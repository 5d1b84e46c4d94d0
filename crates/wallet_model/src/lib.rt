//! The wallet's end of a session (ISO/IEC 18013-5, 8.3.2.1.2 and 9.1): what it releases, its rounds, what it sends and
//! how it ends, as a plan of questions to its key device over the fragments that came; and what a node that stands for fragments
//! keeps with one fragment more. Definitions and their laws alone; the node that follows them stands above.
#![tactic(auto)]

mod laws;
mod node_laws;
mod released_at;
mod sharing;

pub use laws::{denied_is_absent, released_only, two_stores};
pub use node_laws::{after_the_end, no_message_taken, one_message_taken};
pub use released_at::ReleasedAt;
pub use sharing::types_are_send_and_sync;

- - - -

WORK TO COMPLETE.
Transcribe each record above exactly. Skip none.

TASK ANSWER.
repository 5d1b84e46c4d94d0
filename crates/wallet_model/src/lib.rt
//! The wallet's end of a session (ISO/IEC 18013-5, 8.3.2.1.2 and 9.1): what it releases, its rounds, what it sends and
//! how it ends, as a plan of questions to its key device over the fragments that came; and what a node that stands for fragments
//! keeps with one fragment more. Definitions and their laws alone; the node that follows them stands above.
#![tactic(auto)]

mod laws;
mod node_laws;
mod released_at;
mod sharing;

pub use laws::{denied_is_absent, released_only, two_stores};
pub use node_laws::{after_the_end, no_message_taken, one_message_taken};
pub use released_at::ReleasedAt;
pub use sharing::types_are_send_and_sync;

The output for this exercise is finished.